[WORK ORDER]:
Where a line of the data below has the string "contains", copy that line.

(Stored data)
//! The members of Collection, of sets and of views of maps.
ghost use Rattle.std.specs.Prelude.{◌≡◌, Some};
ghost use Rattle.container_outcomes.specs.declared.outcome.Outcome.{Outcome};
ghost use Rattle.api_map.specs.declared.arguments.Keyed.TheVariants as keyed;
ghost use Rattle.api_map.specs.Collections as spec;
ghost use Rattle.container_outcomes.specs.Outcomes.{Tells};

use crate::arguments::{Keyed, entry_of, holder_of, keyed_at};
use crate::maps::{cleared, emptiness_given, has_key, key_found, size_given, value_found};
use container_outcomes::{
    Compared, Outcome, compare_entries, is_open, not_simple, null_error, too_deep, too_large,
    unsupported,
};
use member_arguments::value_at;
use object_heap::Heap;
use object_values::{Part, Value};

fn adds(set: u32, key: &Value) -> Outcome
    ensures { Tells (Outcome.Adds set key.now) result }
{
    match key.share() {
        Ok(key) => Outcome::Adds(set, key),
        Err(_) => Outcome::NoMemory,
    }
}

fn added_to(heap: &Heap, set: u32, key: &Value) -> Outcome
    ensures { Tells (spec.added heap.now.objects (keyed.Set set) key.now) result }
{
    if !is_open(heap, set) {
        return unsupported();
    }
    if key.is_simple() {
        adds(set, key)
    } else {
        not_simple(heap)
    }
}

fn added(heap: &Heap, keyed: Keyed, key: &Value) -> Outcome
    ensures { Tells (spec.added heap.now.objects keyed key.now) result }
{
    match keyed {
        Keyed::Set(set) => added_to(heap, set, key),
        Keyed::View(_, _) => unsupported(),
    }
}

/// Compares the entry that one map has under a key with the one that a view of another's entries shows of the key, if it shows one.
pub fn compare_shown(heap: &Heap, from: u32, map: u32, key: &Value) -> Compared
    ensures { result ≡ spec.shown_by heap.now.objects map (Some (from, key.now)) }
{
    if has_key(heap, map, key) {
        compare_entries(heap, from, key, map, key)
    } else {
        Compared::Other
    }
}

/// Whether a value is an entry that a view of a map's entries shows.
pub fn entry_shown(heap: &Heap, map: u32, value: &Value) -> Compared
    ensures { result ≡ spec.entry_shown heap.now.objects map value.now }
{
    match entry_of(heap, value) {
        Some((from, key)) => compare_shown(heap, from, map, key),
        None => Compared::Other,
    }
}

fn entry_found(heap: &Heap, map: u32, value: &Value) -> Outcome
    ensures { Tells (spec.entry_found heap.now.objects map value.now) result }
{
    match entry_shown(heap, map, value) {
        Compared::Same => Outcome::Gives(Value::Bool(true)),
        Compared::Other => Outcome::Gives(Value::Bool(false)),
        Compared::Deep => too_deep(heap),
        Compared::Large => too_large(heap),
    }
}

fn found_in_view(heap: &Heap, map: u32, part: Part, value: &Value) -> Outcome
    ensures { Tells (spec.found_in heap.now.objects (keyed.View map part) value.now) result }
{
    match part {
        Part::Keys => key_found(heap, map, value),
        Part::Values => value_found(heap, map, value),
        Part::Entries => entry_found(heap, map, value),
    }
}

/// Whether a value is one of the elements.
pub fn found_in(heap: &Heap, keyed: Keyed, value: &Value) -> Outcome
    ensures { Tells (spec.found_in heap.now.objects keyed value.now) result }
{
    match keyed {
        Keyed::Set(set) => key_found(heap, set, value),
        Keyed::View(map, part) => found_in_view(heap, map, part, value),
    }
}

/// `add(def)`.
pub fn add(heap: &Heap, args: &[Value]) -> Outcome
    ensures { Tells (spec.add heap.now.objects args.now) result }
{
    match (keyed_at(heap, args, 0), value_at(args, 1)) {
        (Some(keyed), Some(key)) => added(heap, keyed, key),
        _ => null_error(),
    }
}

/// `clear()`.
pub fn clear(heap: &Heap, args: &[Value]) -> Outcome
    ensures { Tells (spec.clear heap.now.objects args.now) result }
{
    match keyed_at(heap, args, 0) {
        Some(keyed) => cleared(heap, holder_of(keyed)),
        None => null_error(),
    }
}

/// `contains(def)`.
pub fn contains(heap: &Heap, args: &[Value]) -> Outcome
    ensures { Tells (spec.contains heap.now.objects args.now) result }
{
    match (keyed_at(heap, args, 0), value_at(args, 1)) {
        (Some(keyed), Some(value)) => found_in(heap, keyed, value),
        _ => null_error(),
    }
}

/// `isEmpty()`.
pub fn is_empty(heap: &Heap, args: &[Value]) -> Outcome
    ensures { Tells (spec.is_empty heap.now.objects args.now) result }
{
    match keyed_at(heap, args, 0) {
        Some(keyed) => emptiness_given(heap, holder_of(keyed)),
        None => null_error(),
    }
}

/// `size()`.
pub fn size(heap: &Heap, args: &[Value]) -> Outcome
    ensures { Tells (spec.size heap.now.objects args.now) result }
{
    match keyed_at(heap, args, 0) {
        Some(keyed) => size_given(heap, holder_of(keyed)),
        None => null_error(),
    }
}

[SOLUTION]:
/// `contains(def)`.
pub fn contains(heap: &Heap, args: &[Value]) -> Outcome
    ensures { Tells (spec.contains heap.now.objects args.now) result }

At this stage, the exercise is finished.